◆ **TASK INSTRUCTIONS**:
Taking the line that contains "pub fn raise(&self, one: &mut" as the starting point, give again exactly every line up to and including the last line of the records below.

**** DATA EXTRACT ****

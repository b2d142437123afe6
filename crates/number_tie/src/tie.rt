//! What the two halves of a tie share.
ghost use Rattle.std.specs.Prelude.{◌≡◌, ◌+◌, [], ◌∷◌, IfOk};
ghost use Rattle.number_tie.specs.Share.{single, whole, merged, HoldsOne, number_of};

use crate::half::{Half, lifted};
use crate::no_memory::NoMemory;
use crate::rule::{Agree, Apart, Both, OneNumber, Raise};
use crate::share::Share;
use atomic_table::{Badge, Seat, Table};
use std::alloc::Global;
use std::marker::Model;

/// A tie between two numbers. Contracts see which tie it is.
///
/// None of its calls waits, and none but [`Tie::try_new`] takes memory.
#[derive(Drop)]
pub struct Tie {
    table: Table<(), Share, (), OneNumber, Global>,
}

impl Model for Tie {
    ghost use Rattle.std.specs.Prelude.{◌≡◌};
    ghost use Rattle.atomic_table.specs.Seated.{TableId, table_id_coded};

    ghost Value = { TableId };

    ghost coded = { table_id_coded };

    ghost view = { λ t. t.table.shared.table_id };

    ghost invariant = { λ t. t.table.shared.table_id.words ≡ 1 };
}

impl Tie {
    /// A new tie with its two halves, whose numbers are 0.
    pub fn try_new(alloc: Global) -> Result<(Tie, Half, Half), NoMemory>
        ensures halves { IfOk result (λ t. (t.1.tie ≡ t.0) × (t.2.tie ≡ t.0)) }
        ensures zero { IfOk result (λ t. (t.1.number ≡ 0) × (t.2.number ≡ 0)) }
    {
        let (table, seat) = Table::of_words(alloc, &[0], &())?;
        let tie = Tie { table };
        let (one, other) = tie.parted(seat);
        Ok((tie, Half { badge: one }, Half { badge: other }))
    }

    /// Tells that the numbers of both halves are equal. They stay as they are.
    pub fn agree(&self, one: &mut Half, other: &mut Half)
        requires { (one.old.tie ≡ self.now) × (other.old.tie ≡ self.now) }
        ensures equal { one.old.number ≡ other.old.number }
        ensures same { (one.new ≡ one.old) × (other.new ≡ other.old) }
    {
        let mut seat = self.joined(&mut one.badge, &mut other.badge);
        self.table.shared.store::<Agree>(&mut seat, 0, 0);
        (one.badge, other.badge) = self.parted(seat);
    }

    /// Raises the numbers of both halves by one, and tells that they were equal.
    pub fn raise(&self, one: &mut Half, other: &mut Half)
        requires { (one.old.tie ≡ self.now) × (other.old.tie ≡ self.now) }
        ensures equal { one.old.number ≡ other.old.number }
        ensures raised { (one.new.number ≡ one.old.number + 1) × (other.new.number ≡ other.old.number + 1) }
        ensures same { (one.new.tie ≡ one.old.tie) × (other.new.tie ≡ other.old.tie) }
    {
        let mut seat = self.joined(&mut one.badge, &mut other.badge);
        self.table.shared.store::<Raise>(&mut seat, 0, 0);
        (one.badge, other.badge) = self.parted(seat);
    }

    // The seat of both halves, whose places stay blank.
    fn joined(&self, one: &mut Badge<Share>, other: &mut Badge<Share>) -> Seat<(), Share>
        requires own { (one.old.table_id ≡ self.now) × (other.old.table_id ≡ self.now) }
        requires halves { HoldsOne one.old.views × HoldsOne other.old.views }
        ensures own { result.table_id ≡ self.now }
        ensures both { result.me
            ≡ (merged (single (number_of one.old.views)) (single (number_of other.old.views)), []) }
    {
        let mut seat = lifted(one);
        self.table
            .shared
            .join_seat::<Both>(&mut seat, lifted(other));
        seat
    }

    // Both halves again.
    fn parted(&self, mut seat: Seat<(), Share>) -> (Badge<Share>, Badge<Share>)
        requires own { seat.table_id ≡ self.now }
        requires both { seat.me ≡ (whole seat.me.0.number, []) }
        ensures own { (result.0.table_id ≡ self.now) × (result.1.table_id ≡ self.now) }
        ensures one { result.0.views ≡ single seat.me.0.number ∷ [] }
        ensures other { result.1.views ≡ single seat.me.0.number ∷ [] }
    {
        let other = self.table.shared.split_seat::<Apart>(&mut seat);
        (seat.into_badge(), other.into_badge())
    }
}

****

◆ **EXERCISE SOLUTION**:
    pub fn raise(&self, one: &mut Half, other: &mut Half)
        requires { (one.old.tie ≡ self.now) × (other.old.tie ≡ self.now) }
        ensures equal { one.old.number ≡ other.old.number }
        ensures raised { (one.new.number ≡ one.old.number + 1) × (other.new.number ≡ other.old.number + 1) }
        ensures same { (one.new.tie ≡ one.old.tie) × (other.new.tie ≡ other.old.tie) }
    {
        let mut seat = self.joined(&mut one.badge, &mut other.badge);
        self.table.shared.store::<Raise>(&mut seat, 0, 0);
        (one.badge, other.badge) = self.parted(seat);
    }

    // The seat of both halves, whose places stay blank.
    fn joined(&self, one: &mut Badge<Share>, other: &mut Badge<Share>) -> Seat<(), Share>
        requires own { (one.old.table_id ≡ self.now) × (other.old.table_id ≡ self.now) }
        requires halves { HoldsOne one.old.views × HoldsOne other.old.views }
        ensures own { result.table_id ≡ self.now }
        ensures both { result.me
            ≡ (merged (single (number_of one.old.views)) (single (number_of other.old.views)), []) }
    {
        let mut seat = lifted(one);
        self.table
            .shared
            .join_seat::<Both>(&mut seat, lifted(other));
        seat
    }

    // Both halves again.
    fn parted(&self, mut seat: Seat<(), Share>) -> (Badge<Share>, Badge<Share>)
        requires own { seat.table_id ≡ self.now }
        requires both { seat.me ≡ (whole seat.me.0.number, []) }
        ensures own { (result.0.table_id ≡ self.now) × (result.1.table_id ≡ self.now) }
        ensures one { result.0.views ≡ single seat.me.0.number ∷ [] }
        ensures other { result.1.views ≡ single seat.me.0.number ∷ [] }
    {
        let other = self.table.shared.split_seat::<Apart>(&mut seat);
        (seat.into_badge(), other.into_badge())
    }
}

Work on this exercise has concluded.